Task prompt
Each line of the listing that contains the word "ShiftNo" is to be copied.

--- START ---

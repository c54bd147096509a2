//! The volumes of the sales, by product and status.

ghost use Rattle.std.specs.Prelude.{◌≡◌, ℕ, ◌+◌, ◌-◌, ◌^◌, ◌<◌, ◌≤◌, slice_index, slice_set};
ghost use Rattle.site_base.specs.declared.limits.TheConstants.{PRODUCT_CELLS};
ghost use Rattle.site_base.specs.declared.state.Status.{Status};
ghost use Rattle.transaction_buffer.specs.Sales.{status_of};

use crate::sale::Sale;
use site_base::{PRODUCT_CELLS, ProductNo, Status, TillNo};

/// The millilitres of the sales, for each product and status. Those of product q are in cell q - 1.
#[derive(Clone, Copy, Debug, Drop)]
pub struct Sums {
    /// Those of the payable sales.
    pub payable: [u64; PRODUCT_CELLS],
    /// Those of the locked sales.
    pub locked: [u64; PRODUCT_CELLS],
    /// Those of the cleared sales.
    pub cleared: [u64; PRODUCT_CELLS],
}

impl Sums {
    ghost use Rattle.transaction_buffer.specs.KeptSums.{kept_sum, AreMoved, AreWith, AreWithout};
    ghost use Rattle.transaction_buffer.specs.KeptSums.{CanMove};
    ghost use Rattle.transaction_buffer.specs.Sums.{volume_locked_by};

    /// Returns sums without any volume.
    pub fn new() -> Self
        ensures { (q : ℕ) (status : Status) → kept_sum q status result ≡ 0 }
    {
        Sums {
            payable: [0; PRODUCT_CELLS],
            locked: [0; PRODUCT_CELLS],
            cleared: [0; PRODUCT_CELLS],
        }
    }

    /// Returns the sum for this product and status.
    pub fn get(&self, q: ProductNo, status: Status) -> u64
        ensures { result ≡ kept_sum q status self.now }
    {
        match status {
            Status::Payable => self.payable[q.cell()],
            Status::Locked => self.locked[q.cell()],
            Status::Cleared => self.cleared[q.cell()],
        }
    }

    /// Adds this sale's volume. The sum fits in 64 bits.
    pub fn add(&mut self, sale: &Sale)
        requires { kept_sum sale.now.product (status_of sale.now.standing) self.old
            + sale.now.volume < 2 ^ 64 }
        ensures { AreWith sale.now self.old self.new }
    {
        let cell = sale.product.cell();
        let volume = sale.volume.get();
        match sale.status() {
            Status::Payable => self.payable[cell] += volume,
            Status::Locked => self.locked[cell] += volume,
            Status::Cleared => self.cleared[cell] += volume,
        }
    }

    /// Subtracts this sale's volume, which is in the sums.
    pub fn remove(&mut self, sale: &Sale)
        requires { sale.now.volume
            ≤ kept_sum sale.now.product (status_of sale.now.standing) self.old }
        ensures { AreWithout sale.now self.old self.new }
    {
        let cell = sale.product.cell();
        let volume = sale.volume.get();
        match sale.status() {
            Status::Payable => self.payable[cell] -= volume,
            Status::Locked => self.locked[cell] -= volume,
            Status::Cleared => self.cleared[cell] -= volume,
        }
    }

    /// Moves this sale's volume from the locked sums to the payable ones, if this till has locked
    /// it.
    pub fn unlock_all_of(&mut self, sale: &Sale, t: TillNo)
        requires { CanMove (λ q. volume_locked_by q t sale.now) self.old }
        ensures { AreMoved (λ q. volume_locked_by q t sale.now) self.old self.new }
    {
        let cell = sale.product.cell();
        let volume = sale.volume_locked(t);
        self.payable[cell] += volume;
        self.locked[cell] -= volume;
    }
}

--- END ---
--- START ---

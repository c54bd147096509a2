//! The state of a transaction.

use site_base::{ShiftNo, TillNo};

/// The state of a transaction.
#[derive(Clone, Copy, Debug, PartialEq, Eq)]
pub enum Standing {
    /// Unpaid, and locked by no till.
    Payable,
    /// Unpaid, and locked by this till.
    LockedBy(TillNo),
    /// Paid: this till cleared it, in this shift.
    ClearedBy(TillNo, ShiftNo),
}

--- END ---

Solution below
use site_base::{ShiftNo, TillNo};
    ClearedBy(TillNo, ShiftNo),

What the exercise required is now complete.